Click on a thumbnail graphic to view a gallery of snowpack data from the NRCS.
From 9News.com (Maya Rodriquez):
When the winter wonderland in the mountains fades away come spring and summer, the liquid it leaves behind will make its way into a series of reservoirs, rivers and streams across the state.
“That’s a major part of our management of our water supply,” said Travis Thompson, spokesperson for Denver Water. “Eighty percent of Denver’s water comes from mountain snowpack.”
Right now, that snowpack is booming. For two of the main basins Denver Water relies on, it’s well above average: 140-percent for the Colorado River watershed and 133-percent for the South Platte, compared to where we would normally be at this time of year.
“For Denver Water, all snow is a great thing,” Thompson said.

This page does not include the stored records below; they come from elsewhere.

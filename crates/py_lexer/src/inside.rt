//! What stands inside a logical line.

ghost use Rattle.std.specs.Prelude.{◌≡◌, ◌∷◌, ◌≤◌, ◌<◌, ◌+◌, length, IfOk, OnOk};
ghost use Rattle.py_lexer.specs.Front.{front_of};
ghost use Rattle.py_lexer.specs.Words.{next_is};
ghost use Rattle.py_lexer.specs.Chars.{is_digit};
ghost use Rattle.py_lexer.specs.Inside.{line_end, join, bracketed, operator, number_or_operator, inside};

use crate::chars::{Class, class_of, is_digit, line_len, white_len};
use crate::operators::longest_operator;
use crate::piece::Piece;
use crate::spellings::Spellings;
use crate::state::{Mode, State};
use crate::strings::{string, string_or_word};
use crate::token::{Kind, LexKind, Value};
use crate::words::number_front;
use py_literals::place::Pos;
use rv_names::Memory;
use std::alloc::Global;

fn line_end(state: &mut State) -> Piece
    ensures { front_of result state.new ≡ line_end state.old state.old.brackets }
{
    match state.brackets.innermost() {
        None => {
            state.mode = Mode::LineStart;
            Piece::Found(1, Kind::Newline, Value::Nothing)
        }
        Some(_) => Piece::Passed(1),
    }
}

fn join(state: &mut State, rest: &[char]) -> Piece
    ensures { front_of result state.new ≡ join state.old rest.now }
{
    match rest {
        ['\n', ..] => Piece::Passed(2),
        _ => Piece::Bad(LexKind::BadChar, 0),
    }
}

/// Opens or closes the bracket, which stands at this place. In a field none counts.
#[inline(always)]
pub fn bracket(at: Pos, state: &mut State, sign: char) -> Result<(), Memory>
    ensures { OnOk result (state.new ≡ bracketed at state.old sign) }
{
    match state.mode {
        Mode::Field(_, _) => Ok(()),
        _ => match sign {
            '(' | '[' | '{' => state.brackets.open(at),
            ')' | ']' | '}' => {
                state.brackets.close();
                Ok(())
            }
            _ => Ok(()),
        },
    }
}

fn operator(
    at: Pos,
    state: &mut State,
    first: char,
    rest: &[char],
    chars: &[char],
) -> Result<Piece, Memory>
    requires { chars.now ≡ first ∷ rest.now }
    ensures { IfOk result (λ p. front_of p state.new ≡ operator at state.old first rest.now) }
{
    match longest_operator(chars) {
        None => Ok(Piece::Bad(LexKind::BadChar, 0)),
        Some(found) => {
            bracket(at, state, first)?;
            Ok(Piece::Found(found.len, found.kind, Value::Nothing))
        }
    }
}

/// Whether a digit is next.
pub fn next_is_digit(rest: &[char]) -> bool
    ensures { result ≡ next_is is_digit rest.now }
{
    match rest {
        [] => false,
        [c, ..] => is_digit(*c),
    }
}

fn number_or_operator(
    at: Pos,
    state: &mut State,
    first: char,
    rest: &[char],
    chars: &[char],
) -> Result<Piece, Memory>
    requires { chars.now ≡ first ∷ rest.now }
    ensures { IfOk result (λ p. front_of p state.new ≡ number_or_operator at state.old first rest.now) }
{
    if next_is_digit(rest) {
        Ok(Piece::from(number_front(chars)))
    } else {
        operator(at, state, first, rest, chars)
    }
}

/// What stands at the front inside a logical line, by its first character.
pub fn inside(
    alloc: Global,
    spellings: &mut Spellings,
    at: Pos,
    state: &mut State,
    first: char,
    rest: &[char],
    chars: &[char],
) -> Result<Piece, Memory>
    requires { chars.now ≡ first ∷ rest.now }
    ensures { IfOk result (λ p. front_of p state.new ≡ inside at state.old first rest.now) }
{
    match class_of(first) {
        Class::White => Ok(Piece::Passed(1 + white_len(rest))),
        Class::LineEnd => Ok(line_end(state)),
        Class::Comment => Ok(Piece::Passed(1 + line_len(rest))),
        Class::Backslash => Ok(join(state, rest)),
        Class::Quote => string(alloc, spellings, state, chars),
        Class::Digit => Ok(Piece::from(number_front(chars))),
        Class::Dot => number_or_operator(at, state, first, rest, chars),
        Class::Letter => string_or_word(alloc, spellings, state, first, rest, chars),
        Class::Sign => operator(at, state, first, rest, chars),
    }
}
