//! The open blocks and brackets.

ghost use Rattle.std.specs.Prelude.{◌≡◌, [], ◌∷◌, OnOk, OnErr, MatchOption, drop};
ghost use Rattle.py_lexer.specs.Stack.{top, has_column, innermost};

use py_literals::place::Pos;
use rv_names::Memory;
use std::alloc::Global;
use std::marker::Model;

/// The columns of the open blocks, which contracts see with the innermost first. Column 0 is open always, and isn't kept.
#[derive(Debug, Drop)]
pub struct Blocks {
    columns: Vec<usize>,
}

impl Model for Blocks {
    ghost use Rattle.std.specs.Prelude.{List, ℕ, reverse};
    ghost use Rattle.std.specs.Coded.{coded_ℕ, coded_list};

    ghost Value = { List ℕ };

    ghost coded = { coded_list coded_ℕ };

    ghost view = { λ b. reverse b.columns.items };
}

impl Blocks {
    pub fn new(alloc: Global) -> Blocks
        ensures { result ≡ [] }
    {
        Blocks {
            columns: Vec::new(alloc),
        }
    }

    /// Closes them all, and keeps their room.
    pub fn clear(&mut self)
        ensures { self.new ≡ [] }
    {
        self.columns.clear();
    }

    /// Opens a block in it.
    pub fn open(&mut self, column: usize) -> Result<(), Memory>
        ensures { OnOk result (self.new ≡ column ∷ self.old) }
    {
        self.columns.push(column)?;
        Ok(())
    }

    /// Closes the innermost one, and tells its column.
    pub fn close(&mut self) -> Option<usize>
        ensures { MatchOption result ((self.old ≡ []) × (self.new ≡ [])) (λ column. self.old ≡ column ∷ self.new) }
    {
        self.columns.pop()
    }

    /// The column of the innermost one.
    pub fn top(&self) -> usize
        ensures { result ≡ top self.now }
    {
        match self.columns.last() {
            None => 0,
            Some(column) => *column,
        }
    }

    /// Whether a block of this column is open.
    #[tactic(auto, using(crate::proofs::Columns::has_column_reverse))]
    pub fn has(&self, column: usize) -> bool
        ensures { result ≡ has_column self.now column }
    {
        self.columns.contains(&column)
    }
}

/// The places of the open brackets, which contracts see with the innermost first.
#[derive(Debug, Drop)]
pub struct Brackets {
    places: Vec<Pos>,
}

impl Model for Brackets {
    ghost use Rattle.std.specs.Prelude.{List, reverse};
    ghost use Rattle.py_literals.specs.declared.place.Pos.{Pos};

    ghost Value = { List Pos };

    ghost view = { λ b. reverse b.places.items };
}

impl Brackets {
    pub fn new(alloc: Global) -> Brackets
        ensures { result ≡ [] }
    {
        Brackets {
            places: Vec::new(alloc),
        }
    }

    /// Closes them all, and keeps their room.
    pub fn clear(&mut self)
        ensures { self.new ≡ [] }
    {
        self.places.clear();
    }

    /// Opens a bracket that stands at this place.
    pub fn open(&mut self, at: Pos) -> Result<(), Memory>
        ensures { OnOk result (self.new ≡ at ∷ self.old) }
    {
        self.places.push(at)?;
        Ok(())
    }

    /// Closes the innermost one, if there is one.
    pub fn close(&mut self)
        ensures { self.new ≡ drop 1 self.old }
    {
        self.places.pop();
    }

    /// The place of the innermost one.
    pub fn innermost(&self) -> Option<Pos>
        ensures { result ≡ innermost self.now }
    {
        self.places.last().copied()
    }
}
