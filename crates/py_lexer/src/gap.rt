//! What stands between two tokens, or before the first one of a line, where it is passed at once.

ghost use Rattle.std.specs.Prelude.{◌≡◌, ◌∷◌, ◌+◌, ◌≤◌, length, take, false, IfSome, MatchOption};
ghost use Rattle.std.specs.List.{prefix_len, list_any};
ghost use Rattle.py_literals.specs.declared.place.Pos.{Pos};
ghost use Rattle.py_lexer.specs.declared.state.Mode.TheVariants.{LineStart};
ghost use Rattle.py_lexer.specs.declared.state.State.{State};
ghost use Rattle.py_lexer.specs.Chars.{is_line_end};
ghost use Rattle.py_lexer.specs.Front.{Passed};
ghost use Rattle.py_lexer.specs.Inside.{inside};
ghost use Rattle.py_lexer.specs.Gap.{is_space, gap_next, white_fits, IsBehindGap};

use crate::chars::{is_white, line_len, white_len};
use crate::state::{Mode, State, White};

/// How many characters of white space, or of a comment, stand at the front inside a logical line, where one of these does.
fn passed_len(first: char, rest: &[char]) -> Option<usize>
    ensures passed { IfSome result (λ n. (at : Pos) (s : State) → Passed n s ≡ inside at s first rest.now) }
    ensures in_line { IfSome result (λ n. list_any is_line_end (take n (first ∷ rest.now)) ≡ false) }
    ensures within { IfSome result (λ n. n ≤ 1 + length rest.now) }
{
    if is_white(first) {
        Some(1 + white_len(rest))
    } else if first == '#' {
        Some(1 + line_len(rest))
    } else {
        None
    }
}

/// What follows the white space or the comment at the front, inside a logical line.
fn behind_white<'a>(state: &State, chars: &'a [char]) -> Option<&'a [char]>
    ensures rest { IfSome result (λ rest. IsBehindGap state.now chars.now state.now rest.now) }
    ensures shorter { IfSome result (λ rest. length rest.now ≤ length chars.now) }
{
    let Mode::Inside = state.mode else {
        return None;
    };
    let [first, rest @ ..] = chars else {
        return None;
    };
    let len = passed_len(*first, rest)?;
    let (_, behind) = chars.split_at(len);
    Some(behind)
}

/// How many spaces stand at the front.
fn spaces_len(chars: &[char]) -> usize
    ensures value { result ≡ prefix_len is_space chars.now }
    ensures within { result ≤ length chars.now }
{
    chars.iter().take_while(|c| **c == ' ').count()
}

/// Whether white space, a line end, a comment or a join of lines is next, or nothing.
fn is_gap_next(chars: &[char]) -> bool
    ensures { result ≡ gap_next chars.now }
{
    match chars {
        [] => true,
        [c, ..] => is_white(*c) || *c == '\n' || *c == '#' || *c == '\\',
    }
}

/// Whether so many spaces may begin a line, by the leading white space that was seen so far.
fn white_fits(white: Option<White>, len: usize) -> bool
    ensures { result ≡ white_fits white len }
{
    match white {
        Some(White::Spaces) => true,
        _ => len == 0,
    }
}

/// What follows the spaces at the beginning of a logical line, where a token stands behind them: most lines begin so. It is
/// inside that line at once, if the line is one of the innermost block.
fn behind_margin<'a>(state: &mut State, chars: &'a [char]) -> Option<&'a [char]>
    requires { state.old.mode ≡ LineStart }
    ensures rest { MatchOption result (state.new ≡ state.old) (λ rest. IsBehindGap state.old chars.now state.new rest.now) }
    ensures shorter { IfSome result (λ rest. length rest.now ≤ length chars.now) }
{
    let len = spaces_len(chars);
    let (_, line) = chars.split_at(len);
    if is_gap_next(line) || !white_fits(state.white, len) {
        return None;
    }
    if len == state.blocks.top() {
        state.mode = Mode::Inside;
    } else {
        state.mode = Mode::Indented(len);
    }
    Some(line)
}

/// What follows the white space or the comment between two tokens, or the spaces before the first token of a line, where they
/// stand at the front.
pub fn behind_gap<'a>(state: &mut State, chars: &'a [char]) -> Option<&'a [char]>
    ensures rest { MatchOption result (state.new ≡ state.old) (λ rest. IsBehindGap state.old chars.now state.new rest.now) }
    ensures shorter { IfSome result (λ rest. length rest.now ≤ length chars.now) }
{
    if let Mode::Inside = state.mode {
        return behind_white(state, chars);
    }
    if let Mode::LineStart = state.mode {
        return behind_margin(state, chars);
    }
    None
}
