//! What is kept from one text to the next.

use crate::spellings::Spellings;
use crate::state::State;
use crate::token::Token;
use std::alloc::Global;

/// What is kept from one text to the next: room for characters, tokens, open brackets and blocks, one spelling and one value.
/// No answer depends on it.
///
/// It keeps at most four bytes for each byte of the longest text, or eight where a text has characters outside ASCII, the
/// room of the tokens that were handed back last, that of the longest spelling, that of the value of the longest string with
/// escapes, four bytes a character, and that of the most brackets and blocks that were open at once.
#[derive(Debug, Drop)]
pub struct Scratch {
    pub(crate) chars: Vec<char>,
    pub(crate) spellings: Spellings,
    pub(crate) state: State,
    pub(crate) tokens: Vec<Token>,
}

impl Scratch {
    /// Before the first text nothing is kept. It takes no memory.
    pub fn new(alloc: Global) -> Scratch {
        Scratch {
            chars: Vec::new(alloc),
            spellings: Spellings::new(alloc),
            state: State::new(alloc),
            tokens: Vec::new(alloc),
        }
    }

    /// Takes back the tokens of a text that is done with: it drops them, and keeps their room for the next text.
    pub fn keep(&mut self, tokens: Vec<Token>) {
        let mut tokens = tokens;
        tokens.clear();
        self.tokens = tokens;
    }
}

Not all snow is created equal, though. Water managers say some snow is “juicier” than others – meaning, it carries a higher water content. That’s what we’ve seen in the snowfall of the past few days. The difference between so called “juicy” snow versus “fluffy” snow can be a big one when it comes to our water supply. “Juicy” snowfall contains about twice as much water, as the same number of inches of “fluffy” snow.
“So, the storms that we’re seeing right now, it’s a little bit warmer, which means it has a little more moisture in it,” Thompson said. “It’s less of that kind of fluffy, champagne powder if you will that doesn’t carry as much water with it.”
Is it possible to have too much snow, that can lead to too much runoff? Reservoirs were in good shape in 2014 and 2015, so it’s possible that this season’s massive snow could make reservoirs too full — but it’s still too early in the season to tell.
“Our goal is to be at 100-percent full for our reservoirs, once runoff season is over,” Thompson said. “So, we’re always adjusting levels to try and make sure that happens. Sometimes if you do see too much, we may have to do some releases earlier in the year to try, whether it’s preventing too much water at that time.”
If reservoirs get too much water, the only solution is releasing some of it – and that’s a delicate balance to keep water ready when we need it.
From The Glenwood Springs Post Independent (Ryan Summerlin) via The Aspen Times:
This has been a really unusual event, which has to do with the amount of snow and its water content, said Ethan Greene of the Colorado Avalanche Information Center.
The state has seen heavy precipitation over the past 10 days and significant, heavy snow came in fast over the past 24 to 48 hours, he said.
The high amount of water, from snow and freezing rain, means a huge amount of weight on the snowpack, Greene said…
In the meantime, the forecast shows more snow coming through Friday, so more [avalanche and rock slide] mitigation work will be required, CDOT officials said.